8. Launch GEPA (prod backend)

cd cookbooks/dev/tunnel_gepa_banking77
./run_gepa_with_tunnel.sh
Key run (recorded):
  • Backend: https://agent-learning.onrender.com
  • Tunnel: https://united-appointments-scholar-incl.trycloudflare.com
  • Job ID: pl_6d3e035b37f04b67
  • Budget: 200 rollouts, 40 transformations, ~89s, ~$0.05.
  • Validation: baseline 0.6333 → best 0.7000 (Δ +0.0667).
  • Results/logs: cookbooks/dev/tunnel_gepa_banking77/results/ (e.g., gepa_results_pl_6d3e035b37f04b67_20251124_164457.txt).

9. Recorded outcomes (what we actually saw)

  • Local seeds 0–9 with the label-constrained prompt: rewards [(0,1.0),(1,1.0),(2,1.0),(3,1.0),(4,0.0),(5,1.0),(6,0.0),(7,1.0),(8,1.0),(9,1.0)] → mean_return 0.80.
  • GEPA run: baseline val 0.6333 → best val 0.7000. Best prompt text is in the results file above (label-only, tool-style instructions).

10. Job payload (copy/paste)

Use your tunnel URL and the label-explicit prompt:
{
  "env": { "seed": 0 },
  "policy": {
    "config": {
      "prompt_template": "You are an expert banking assistant that classifies customer queries into banking intents.
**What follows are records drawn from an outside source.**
//! A whole script, by as many workers as are asked for.

ghost use Rattle.std.specs.Prelude.{◌≡◌, length, nat_le};
ghost use Rattle.qc_node.specs.Runnable.{IsRunnable};
ghost use Rattle.qc_node.specs.Ends.{IsPhaseEnd, IsScriptEnd};

use crate::cells::Cells;
use crate::ends::DriveEnd;
use crate::rules::Rules;
use crate::worker::Worker;
use qc_decl::Declaration;
use qc_fabric::{Fabric, FabricState, RunName};
use qc_outside::{Disk, Gate};
use qc_script::Script;
use std::alloc::Global;
use std::sync::Wait;
use std::thread::{Threads, map_indices};

/// What the workers of a run go by.
#[derive(Drop)]
pub struct Job<'a, G: Gate> {
    /// The declaration of the run.
    pub decl: &'a Declaration,
    /// What each turn passes before it is posted.
    pub gate: &'a G,
    /// How many workers there are.
    pub workers: u8,
    /// The folder of the disks, where one is named.
    pub dir: Option<&'a str>,
}

/// All that is left of a script that can be run, by so many workers in threads that
/// are joined. How it ended is read off the history, whatever the workers answered.
pub fn drive_script<D: Disk, N: RunName + Send + Sync, G: Gate + Sync, R: Threads + Wait + Sync>(
    rt: &R,
    alloc: Global,
    job: &Job<'_, G>,
    state: FabricState<Rules, N>,
    cells: &Cells<D, N>,
) -> (FabricState<Rules, N>, DriveEnd)
    requires declaration { job.now.decl.now ≡ N.declaration }
    requires runnable { IsRunnable N.declaration N.script }
    ensures { IsScriptEnd N.declaration N.script result.0.history result.0.open_inputs result.1 }
{
    let last = u32::try_from(state.script().phases.items().len()).unwrap_or(u32::MAX);
    let (state, _) = phase(rt, alloc, job, state, cells, last);
    let end = end_of(job.decl, &state);
    (state, end)
}

/// All that is left of it up to the end of the phase of this number, one that
/// hasn't passed; the same threads go through all these phases.
pub fn phase<D: Disk, N: RunName + Send + Sync, G: Gate + Sync, R: Threads + Wait + Sync>(
    rt: &R,
    alloc: Global,
    job: &Job<'_, G>,
    state: FabricState<Rules, N>,
    cells: &Cells<D, N>,
    number: u32,
) -> (FabricState<Rules, N>, DriveEnd)
    requires declaration { job.now.decl.now ≡ N.declaration }
    requires runnable { IsRunnable N.declaration N.script }
    ensures { IsPhaseEnd N.declaration N.script number result.0.history result.0.open_inputs result.1 }
{
    let fabric = Fabric::open(state);
    drive_all(rt, alloc, job, &fabric, cells, number);
    let state = fabric.close();
    let end = phase_end(job.decl, &state, number);
    (state, end)
}

/// So many workers, each in a thread of its own, or one after another where no
/// thread can be had; one alone needs none. What they answer is no more than the
/// history shows.
fn drive_all<D: Disk, N: RunName + Send + Sync, G: Gate + Sync, R: Threads + Wait + Sync>(
    rt: &R,
    alloc: Global,
    job: &Job<'_, G>,
    fabric: &Fabric<Rules, N>,
    cells: &Cells<D, N>,
    last: u32,
)
    requires declaration { job.now.decl.now ≡ N.declaration }
    requires runnable { IsRunnable N.declaration N.script }
{
    let worker = Worker {
        rt,
        alloc,
        decl: job.decl,
        fabric,
        cells,
        gate: job.gate,
    };
    if job.workers <= 1 {
        worker.drive(last);
        return;
    }
    let ends = map_indices(
        rt,
        alloc,
        usize::from(job.workers),
        &|_|
            requires runnable { IsRunnable N.declaration N.script }
        { worker.drive(last) },
    );
    drop(ends);
}

/// How the phase of this number ended.
fn phase_end<N: RunName>(decl: &Declaration, state: &FabricState<Rules, N>, number: u32) -> DriveEnd
    requires { decl.now ≡ N.declaration }
    ensures { IsPhaseEnd N.declaration N.script number state.now.history state.now.open_inputs result }
{
    if let Some(full) = state.full() {
        return DriveEnd::Full(full);
    }
    if state.phase() == number && state.quiet(decl) {
        DriveEnd::Quiet
    } else {
        DriveEnd::OutOfMemory
    }
}

/// How the script ended.
fn end_of<N: RunName>(decl: &Declaration, state: &FabricState<Rules, N>) -> DriveEnd
    requires { decl.now ≡ N.declaration }
    ensures { IsScriptEnd N.declaration N.script state.now.history state.now.open_inputs result }
{
    if let Some(full) = state.full() {
        return DriveEnd::Full(full);
    }
    if are_begun(state.script(), state.phase()) && state.quiet(decl) {
        DriveEnd::Quiet
    } else {
        DriveEnd::OutOfMemory
    }
}

/// Whether no phase is left where so many have begun.
fn are_begun(script: &Script, done: u32) -> bool
    ensures { result ≡ nat_le (length script.now.phases) done }
{
    script.phases.items().len() <= done as usize
}
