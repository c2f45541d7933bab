//! The controller, with its pass.

ghost use Rattle.std.specs.Prelude.{◌≡◌, ◌<◌, OnErr, OnOk};
ghost use Rattle.qc_decl.specs.Actors.{actors, controller};
ghost use Rattle.qc_msg.specs.declared.step.Control.TheVariants.{Armed};
ghost use Rattle.qc_pass.specs.Tokens.{number, pass_table};
ghost use Rattle.qc_fabric.specs.ActorLines.{Arms};
ghost use Rattle.qc_fabric.specs.Controls.{MayDo};

use crate::rules::Rules;
use qc_decl::Declaration;
use qc_fabric::{Fabric, FabricState, RunName};
use qc_list::OutOfMemory;
use qc_msg::Step;
use qc_outside::ArmKind;
use qc_pass::Pass;
use std::marker::{Model, PhantomData};
use std::sync::Wait;

/// The controller's pass.
#[derive(Drop)]
pub(crate) struct Controller<N: RunName> {
    pass: Pass<Step>,
    of: PhantomData<N>,
}

impl<N: RunName> Model for Controller<N> {
    ghost use Rattle.std.specs.Prelude.{◌≡◌};
    ghost use Rattle.qc_decl.specs.Actors.{controller};
    ghost use Rattle.qc_msg.specs.declared.step.Step.{Step};
    ghost use Rattle.qc_pass.specs.Tokens.{number, pass_table};
    ghost use Rattle.qc_pass.specs.declared.token.Pass.{Pass};

    ghost Value = { Pass Step };

    ghost view = { λ c. c.pass };

    ghost invariant = { λ c. (pass_table c.pass ≡ N.table) × (number c.pass ≡ controller N.declaration) };
}

impl<N: RunName> Controller<N> {
    /// The controller of this pass.
    pub(crate) fn new(pass: Pass<Step>) -> Controller<N>
        requires table { pass_table pass ≡ N.table }
        requires controller { number pass ≡ controller N.declaration }
    {
        Controller {
            pass,
            of: PhantomData,
        }
    }

    /// It does what it may do next, in phases up to the last one that is given: a
    /// phase begins, or a line of its own acts. Whether something is left.
    pub(crate) fn act<R: Wait>(
        &mut self,
        rt: &R,
        decl: &Declaration,
        fabric: &Fabric<Rules, N>,
        last: u32,
    ) -> Result<bool, OutOfMemory>
        requires { decl.now ≡ N.declaration }
    {
        fabric.advance(rt, decl, &mut self.pass, last)
    }

    /// It arms a fault for the disk of this pass's actor, by the control line that
    /// is next.
    pub(crate) fn arm(
        &mut self,
        state: &mut FabricState<Rules, N>,
        pass: &mut Pass<Step>,
        kind: ArmKind,
        at: u32,
    ) -> Result<(), OutOfMemory>
        requires table { pass_table pass.old ≡ N.table }
        requires actor { number pass.old < actors N.declaration }
        requires may { MayDo N.declaration N.script state.old.history state.old.open_inputs
            (Armed (number pass.old) kind at) }
        ensures ok { OnOk result
            (Arms N.declaration pass.old pass.new state.old.history state.new.history kind at) }
        ensures err { OnErr result (pass.new ≡ pass.old) }
    {
        state.arm(&mut self.pass, pass, kind, at)
    }
}
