//! How a turn ended, and how a worker did.

use qc_fabric::Full;

/// What became of an actor's turn.
#[derive(Clone, Copy, Debug, PartialEq, Eq)]
pub enum TurnEnd {
    /// Nothing was ready for it, or its input was open.
    NothingReady,
    /// It took an input, and posted all that this calls for.
    Done,
}

/// Why a worker, or a phase, ended.
#[derive(Clone, Copy, Debug, PartialEq, Eq)]
pub enum DriveEnd {
    /// Nothing is left to do.
    Quiet,
    /// A counted quantity has reached its limit.
    Full(Full),
    /// Memory was wanting.
    OutOfMemory,
}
Given a customer message, respond with exactly one intent label from the provided list using the `banking77_classify` tool.\n\nCustomer Query: {{text}}\n\nAvailable Intents:\n<full Banking77 label list from data/banking77.json labels>\n\nClassify this query into one of the above banking intents using the tool call, and return only the label.",
      "inference_url": "https://api.openai.com/v1?model=gpt-4.1-nano",
      "model": "gpt-4.1-nano"
    }
  }
}
(Replace <full Banking77 label list...> with the labels array from data/banking77.json.)

11. Adapt this to your task

  1. Swap data/banking77.json for your dataset; adjust loader per language.
  2. Change compute_reward to your metric (similarity, numeric score, etc.).
  3. Keep the contract stable (/health, /task_info, /rollout, metrics.mean_return ∈ [0,1], X-API-Key).
  4. Tune inference_url for model/temperature/max_tokens as needed.

12. Production notes

  • Logging: request ID, seed, model, latency, success/failure; never log secrets.
  • Metrics: request/error rate, rollout latency (p50/p95/p99), mean reward trend.
  • Security: rotate ENVIRONMENT_API_KEY; keep LLM keys in secret storage; rate-limit at the tunnel edge.
  • Reliability: timeouts on LLM calls; reward=0 on hard failures; distinguish 4xx vs 5xx.

13. Files to check

  • Cookbook page: monorepo/docs/prompt-learning/polyglot.mdx (this file).
  • Python Task App: cookbooks/code/prompt-learning/polyglot/python/app.py.
  • GEPA script/results: cookbooks/dev/tunnel_gepa_banking77/.